# La máscara dorada de Tutankamón, restaurada con 'superglue'



## Fogonazo (Ene 23, 2015)

​La obra maestra hallada por Howard Carter en la excavación de la tumba del faraón en el Valle de los Reyes es el último objeto dañado por la negligencia de las autoridades egipcias  

La preciada máscara de oro de Tutankamón, una obra maestra hallada por Howard Carter en la excavación de su tumba en el Valle de los Reyes, es el último objeto dañado por la negligencia de las autoridades egipcias.
Conservadores del Museo de Antigüedades egipcias de El Cairo han denunciado que una reciente restauración "amateur" empleó vulgar pegamento para unir la barba al rostro causando un severo daño a la figura.
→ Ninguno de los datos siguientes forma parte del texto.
// The limit of data (ground 19): the search for a number that exceeds the limit of its load. It counts, without a branch to leave by, and
// looks for the number only where there is one. Where all loads are the same, their limit is that of every number.
#![tactic(auto)]

ghost use Rattle.std.specs.Prelude.{◌≡◌, ◌&&◌, ℕ, ◌≤◌, ◌<◌, ltb, leb, eqb, length, get_or};
ghost use Rattle.counting.specs.Search.{bit, count, lowest, tabulate, is_zero};
ghost use Rattle.rules.specs.Fits.{capacity};
ghost use Rattle.rules.specs.Loads.{load_limit, limit_at};
ghost use Rattle.fill.specs.Flags.{data_cell};
ghost use Rattle.datalimit.specs.Over.{over_at};

use counting::wide;
use profiles::{load_index, table};

// 1 for a number within a limit, else 0.
fn one_if_within(limit: u16, x: u16) -> u16
    ensures { result ≡ bit (leb x limit) }
{
    if x <= limit { 1 } else { 0 }
}

// How many of the numbers are within a limit.
fn within(limit: u16, ds: &[u16]) -> u16
    requires { length ds.now ≤ capacity }
    ensures { result ≡ count (λ i. leb (get_or ds.now i 0) limit) (length ds.now) }
{
    let mut n: u16 = 0;
    for x in ds {
        n += one_if_within(limit, *x);
    }
    n
}

// 1 for a number that exceeds a limit, else 0.
fn one_if_over(limit: u16, x: u16) -> u16
    ensures { result ≡ bit (ltb limit x) }
{
    if limit < x { 1 } else { 0 }
}

// The limit of the load of cell p, from the table of limits.
fn cell_limit(limits: &[u16; 15], profile: &[u8], kc: &[u16], p: usize) -> u16
    requires { (limits.now ≡ tabulate load_limit 15) × (p < length kc.now) × (p < capacity) × (get_or kc.now p 0 < length profile.now) × ((k : ℕ) → get_or profile.now k 0 ≤ 14) }
    ensures { result ≡ limit_at profile.now (get_or kc.now p 0) }
{
    let k = wide(kc[p]);
    limits[load_index(profile[k])]
}

// How many cells of an input symbol exceed the limits of their loads; every placeholder does.
fn over_cells(profile: &[u8], kc: &[u16], x: &[u16]) -> u16
    requires { (length x.now ≤ capacity) × (length x.now ≤ length kc.now) × ((p : ℕ) → p < length x.now → get_or kc.now p 0 < length profile.now) × ((k : ℕ) → get_or profile.now k 0 ≤ 14) }
    ensures { result ≡ count (λ p. ltb (limit_at profile.now (get_or kc.now p 0)) (get_or x.now p 0)) (length x.now) }
{
    let limits = table::LIMITS;
    let mut n: u16 = 0;
    for (p, cell) in x.iter().enumerate() {
        n += one_if_over(cell_limit(&limits, profile, kc, p), *cell);
    }
    n
}

// Whether a cell is a data cell, and its number exceeds a limit.
fn over_data(flag: u8, limit: u16, x: u16) -> bool
    ensures { result ≡ (eqb flag 0 && ltb limit x) }
{
    if flag != 0 {
        return false;
    }
    limit < x
}

// 1 for a data cell, else 0.
fn one_if_data(flag: u8) -> usize
    ensures { result ≡ bit (eqb flag 0) }
{
    if flag == 0 { 1 } else { 0 }
}

// The lowest position of a number that exceeds its load's limit, by looking at one cell of the input symbol after the other.
fn search_over(profile: &[u8], kc: &[u16], flag: &[u8], x: &[u16], ds: &[u16]) -> Option<u32>
    requires { (length x.now ≤ capacity) × (length x.now ≤ length kc.now) × (length x.now ≤ length flag.now) × ((p : ℕ) → p < length x.now → get_or kc.now p 0 < length profile.now) × ((k : ℕ) → get_or profile.now k 0 ≤ 14) × (length ds.now ≡ count (is_zero flag.now) (length x.now)) × (x.now ≡ tabulate (data_cell flag.now ds.now) (length x.now)) }
    ensures { result ≡ lowest (over_at profile.now kc.now flag.now (length x.now) ds.now) (length ds.now) }
{
    let limits = table::LIMITS;
    let mut i: usize = 0;
    for (p, cell) in x.iter().enumerate() {
        let limit = cell_limit(&limits, profile, kc, p);
        if over_data(flag[p], limit, *cell) {
            return Some(i as u32);
        }
        i += one_if_data(flag[p]);
    }
    None
}

// The lowest position of a number of the data ds that exceeds its load's limit: kc are the subcarriers of the cells, flag the flags of the
// placeholders, x the input symbol of the data.
pub fn first_over(profile: &[u8], kc: &[u16], flag: &[u8], x: &[u16], ds: &[u16]) -> Option<u32>
    requires { (length x.now ≤ capacity) × (length x.now ≤ length kc.now) × (length x.now ≤ length flag.now) × ((p : ℕ) → p < length x.now → get_or kc.now p 0 < length profile.now) × ((k : ℕ) → get_or profile.now k 0 ≤ 14) × (length ds.now ≡ count (is_zero flag.now) (length x.now)) × (x.now ≡ tabulate (data_cell flag.now ds.now) (length x.now)) }
    ensures { result ≡ lowest (over_at profile.now kc.now flag.now (length x.now) ds.now) (length ds.now) }
{
    let range = profiles::load_range(profile);
    if range.low == range.high {
        if range.low <= 14 {
            if wide(within(profiles::limit_of(range.low), ds)) == ds.len() {
                return None;
            }
        }
    } else {
        if wide(over_cells(profile, kc, x)) + ds.len() == x.len() {
            return None;
        }
    }
    search_over(profile, kc, flag, x, ds)
}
Empleados del museo, un caótico almacén con polvorientas vitrinas atestadas de objetos, han denunciado al periódico panárabe Al Arabi al Jadid que la figura -uno de los cientos de piezas que componen el tesoro del "faraón niño" (1550 y 1295 a. C.)- fue dañada accidentalmente el pasado año durante los trabajos de limpieza y renovación parcial del complejo, ubicado a unos metros de la céntrica plaza Tahrir de El Cairo. La barba trenzada, de oro y color azul, se separó del resto de la efigie con tocado real del monarca.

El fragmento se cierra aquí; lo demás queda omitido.